**Action item**
Work through the data and say how many lines contain "what". The number alone is the answer.

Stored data
═══

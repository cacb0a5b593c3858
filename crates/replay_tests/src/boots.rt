//! First lines of traces: what they say of the store, in which order and form.
use crate::judged::is_given;
use crate::traces::FIRST;
use std::alloc::Global;

const BLANK: &str =
    "{\"boot\": {\"config\":\"[]\\n\",\"stored\":null,\"start\":\"2024-05-01T20:00:00.000Z\",\"zone\":\"UTC\"}}\n";

const ORDERED: &str =
    "{\"boot\":{\"config\":\"[]\\n\",\"stored\":{\"a\":true,\"b\":true},\"start\":\"2024-05-01T20:00:00.000Z\",\"zone\":\"UTC\"}}\n";

const UNORDERED: &str =
    "{\"boot\":{\"config\":\"[]\\n\",\"stored\":{\"b\":true,\"a\":true},\"start\":\"2024-05-01T20:00:00.000Z\",\"zone\":\"UTC\"}}\n";

/// A boot whose automations are `a` and `b`, up to what the store had of them.
const TWO: &str =
    "{\"boot\":{\"config\":\"- {alias: a, triggers: [], actions: []}\\n- {alias: b, triggers: [], actions: []}\\n\",\"stored\":{},";

const START: &str = "\"start\":\"2024-05-01T20:00:00.000Z\",\"zone\":\"UTC\"}}\n";

#[test]
fn a_boot_with_a_blank(rt: HostRuntime) {
    assert!(rt;
        is_given(
            rt.alloc(),
            &[BLANK, FIRST, "{\"end\":2}\n"],
            (11, "", "hearth: trace line 1: T\n")
        )
    );
}

#[test]
fn stored_switches_in_their_order(rt: HostRuntime) {
    assert!(rt;
        is_given(rt.alloc(), &[ORDERED, "{\"end\":1}\n"], (0, "", ""))
            && is_given(
                rt.alloc(),
                &[UNORDERED, "{\"end\":1}\n"],
                (11, "", "hearth: trace line 1: T\n")
            )
    );
}

/// Whether a trace with this part of its boot is given this, without calls and errors but for the status line.
fn is_taken(alloc: Global, last: &str, status: u8, line: &str) -> bool {
    is_given(
        alloc,
        &[TWO, last, START, "{\"end\":1}\n"],
        (status, "", line),
    )
}

#[test]
fn when_automations_last_triggered_in_their_order(rt: HostRuntime) {
    let alloc = rt.alloc();
    assert!(rt;
        is_taken(alloc, "", 0, "")
            && is_taken(
                alloc,
                "\"last\":{\"b\":\"1970-01-01T00:00:00.000Z\"},",
                0,
                ""
            )
            && is_taken(
                alloc,
                "\"last\":{\"a\":\"2999-12-31T23:59:59.999Z\",\"b\":\"1970-01-01T00:00:00.000Z\"},",
                0,
                ""
            )
    );
}

/// A moment of no automation, none at all, names out of order or twice, and moments in another form.
#[test]
fn a_boot_with_other_moments(rt: HostRuntime) {
    let alloc = rt.alloc();
    let line = "hearth: trace line 1: T\n";
    assert!(rt;
        is_taken(
            alloc,
            "\"last\":{\"c\":\"1970-01-01T00:00:00.000Z\"},",
            11,
            line
        ) && is_taken(alloc, "\"last\":{},", 11, line)
            && is_taken(alloc, "\"last\":null,", 11, line)
            && is_taken(
                alloc,
                "\"last\":{\"b\":\"1970-01-01T00:00:00.000Z\",\"a\":\"1970-01-01T00:00:00.000Z\"},",
                11,
                line
            )
            && is_taken(
                alloc,
                "\"last\":{\"a\":\"1970-01-01T00:00:00.000Z\",\"a\":\"1970-01-01T00:00:00.000Z\"},",
                11,
                line
            )
            && is_taken(
                alloc,
                "\"last\":{\"a\":\"1970-01-01T00:00:00Z\"},",
                11,
                line
            )
            && is_taken(alloc, "\"last\":{\"a\":0},", 11, line)
    );
}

═══

**Result**
2